Task description —
From the records below, copy the lines that include "which".

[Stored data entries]
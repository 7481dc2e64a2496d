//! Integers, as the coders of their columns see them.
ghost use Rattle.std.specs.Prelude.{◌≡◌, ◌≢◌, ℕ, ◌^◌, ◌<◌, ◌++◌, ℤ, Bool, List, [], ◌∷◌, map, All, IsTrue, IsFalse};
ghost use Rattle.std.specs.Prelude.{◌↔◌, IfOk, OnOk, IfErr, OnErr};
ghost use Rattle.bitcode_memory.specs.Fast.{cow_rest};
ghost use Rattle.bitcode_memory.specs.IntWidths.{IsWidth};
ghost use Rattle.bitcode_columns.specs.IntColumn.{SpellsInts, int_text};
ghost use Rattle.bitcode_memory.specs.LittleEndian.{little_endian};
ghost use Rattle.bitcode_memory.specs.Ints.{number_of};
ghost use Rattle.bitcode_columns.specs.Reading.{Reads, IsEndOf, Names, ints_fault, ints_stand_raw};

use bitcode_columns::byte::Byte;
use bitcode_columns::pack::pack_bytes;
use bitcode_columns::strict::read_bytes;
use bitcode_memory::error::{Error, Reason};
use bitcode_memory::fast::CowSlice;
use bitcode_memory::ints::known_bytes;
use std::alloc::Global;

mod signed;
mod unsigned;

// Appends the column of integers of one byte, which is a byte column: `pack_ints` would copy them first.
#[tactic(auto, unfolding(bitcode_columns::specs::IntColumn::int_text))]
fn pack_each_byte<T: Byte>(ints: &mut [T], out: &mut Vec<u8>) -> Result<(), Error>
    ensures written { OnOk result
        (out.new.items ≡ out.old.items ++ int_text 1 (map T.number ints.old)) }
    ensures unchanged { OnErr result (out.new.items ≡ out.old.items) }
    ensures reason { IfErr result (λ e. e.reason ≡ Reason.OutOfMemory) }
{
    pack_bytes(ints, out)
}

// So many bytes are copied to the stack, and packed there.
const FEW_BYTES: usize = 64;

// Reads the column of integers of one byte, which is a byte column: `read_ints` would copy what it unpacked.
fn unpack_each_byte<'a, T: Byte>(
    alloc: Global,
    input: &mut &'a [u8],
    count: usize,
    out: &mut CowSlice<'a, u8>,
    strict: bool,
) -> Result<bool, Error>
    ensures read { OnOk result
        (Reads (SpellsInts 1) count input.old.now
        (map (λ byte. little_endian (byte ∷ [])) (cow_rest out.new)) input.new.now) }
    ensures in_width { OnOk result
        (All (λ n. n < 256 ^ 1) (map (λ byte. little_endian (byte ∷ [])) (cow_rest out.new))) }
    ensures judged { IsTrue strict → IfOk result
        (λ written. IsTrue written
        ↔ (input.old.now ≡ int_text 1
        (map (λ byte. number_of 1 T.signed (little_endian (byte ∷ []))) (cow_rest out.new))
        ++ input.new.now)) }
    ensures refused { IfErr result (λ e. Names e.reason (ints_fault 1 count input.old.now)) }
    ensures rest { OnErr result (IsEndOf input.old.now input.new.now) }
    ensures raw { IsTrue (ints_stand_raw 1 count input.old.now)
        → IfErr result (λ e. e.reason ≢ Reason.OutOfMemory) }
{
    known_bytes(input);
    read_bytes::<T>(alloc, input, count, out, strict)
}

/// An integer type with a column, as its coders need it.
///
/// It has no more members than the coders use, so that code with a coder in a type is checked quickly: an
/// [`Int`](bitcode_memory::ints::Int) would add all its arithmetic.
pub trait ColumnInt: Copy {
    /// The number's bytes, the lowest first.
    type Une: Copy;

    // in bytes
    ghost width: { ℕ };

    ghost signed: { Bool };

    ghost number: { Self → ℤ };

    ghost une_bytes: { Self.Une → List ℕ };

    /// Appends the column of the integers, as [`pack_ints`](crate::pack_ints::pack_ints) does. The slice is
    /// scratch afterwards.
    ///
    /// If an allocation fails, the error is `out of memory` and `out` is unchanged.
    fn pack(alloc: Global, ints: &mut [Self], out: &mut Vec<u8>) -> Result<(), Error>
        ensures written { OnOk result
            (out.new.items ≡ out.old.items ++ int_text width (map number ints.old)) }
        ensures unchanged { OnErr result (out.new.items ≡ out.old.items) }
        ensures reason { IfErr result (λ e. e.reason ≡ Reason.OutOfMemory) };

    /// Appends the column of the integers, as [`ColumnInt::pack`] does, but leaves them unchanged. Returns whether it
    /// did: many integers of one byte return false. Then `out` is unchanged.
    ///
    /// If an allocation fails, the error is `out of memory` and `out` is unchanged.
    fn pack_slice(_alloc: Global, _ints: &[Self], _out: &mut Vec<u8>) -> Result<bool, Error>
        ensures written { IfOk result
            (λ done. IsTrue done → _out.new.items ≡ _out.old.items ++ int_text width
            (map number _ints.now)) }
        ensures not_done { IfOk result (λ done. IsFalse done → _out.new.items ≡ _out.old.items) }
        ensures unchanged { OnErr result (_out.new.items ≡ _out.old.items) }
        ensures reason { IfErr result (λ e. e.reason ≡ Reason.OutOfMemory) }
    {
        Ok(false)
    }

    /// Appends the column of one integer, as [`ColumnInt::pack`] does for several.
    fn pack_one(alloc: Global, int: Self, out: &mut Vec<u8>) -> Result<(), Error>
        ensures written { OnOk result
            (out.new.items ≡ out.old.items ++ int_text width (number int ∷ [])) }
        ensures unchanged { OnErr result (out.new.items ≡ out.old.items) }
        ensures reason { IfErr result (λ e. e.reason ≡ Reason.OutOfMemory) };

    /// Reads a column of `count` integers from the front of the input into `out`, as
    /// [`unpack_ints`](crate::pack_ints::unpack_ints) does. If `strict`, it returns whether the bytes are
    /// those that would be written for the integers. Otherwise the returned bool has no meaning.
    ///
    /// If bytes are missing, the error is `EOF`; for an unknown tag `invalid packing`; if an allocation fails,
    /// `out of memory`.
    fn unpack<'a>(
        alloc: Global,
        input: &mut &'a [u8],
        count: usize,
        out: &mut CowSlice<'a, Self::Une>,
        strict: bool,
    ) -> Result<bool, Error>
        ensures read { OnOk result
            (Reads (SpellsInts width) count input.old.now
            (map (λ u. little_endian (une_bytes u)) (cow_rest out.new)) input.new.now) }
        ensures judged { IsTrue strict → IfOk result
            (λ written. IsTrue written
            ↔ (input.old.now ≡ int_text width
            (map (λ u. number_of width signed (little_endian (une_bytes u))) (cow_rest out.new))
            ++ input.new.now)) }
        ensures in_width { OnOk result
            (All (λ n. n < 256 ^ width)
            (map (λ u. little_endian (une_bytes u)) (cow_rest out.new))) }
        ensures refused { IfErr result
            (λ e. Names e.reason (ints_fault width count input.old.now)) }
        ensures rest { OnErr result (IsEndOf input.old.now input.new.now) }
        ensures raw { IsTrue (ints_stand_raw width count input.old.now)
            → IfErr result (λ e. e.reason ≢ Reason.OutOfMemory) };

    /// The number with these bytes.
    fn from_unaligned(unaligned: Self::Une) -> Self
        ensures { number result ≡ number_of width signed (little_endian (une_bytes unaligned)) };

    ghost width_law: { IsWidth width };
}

Answer space —
// Appends the column of integers of one byte, which is a byte column: `pack_ints` would copy them first.
// Reads the column of integers of one byte, which is a byte column: `read_ints` would copy what it unpacked.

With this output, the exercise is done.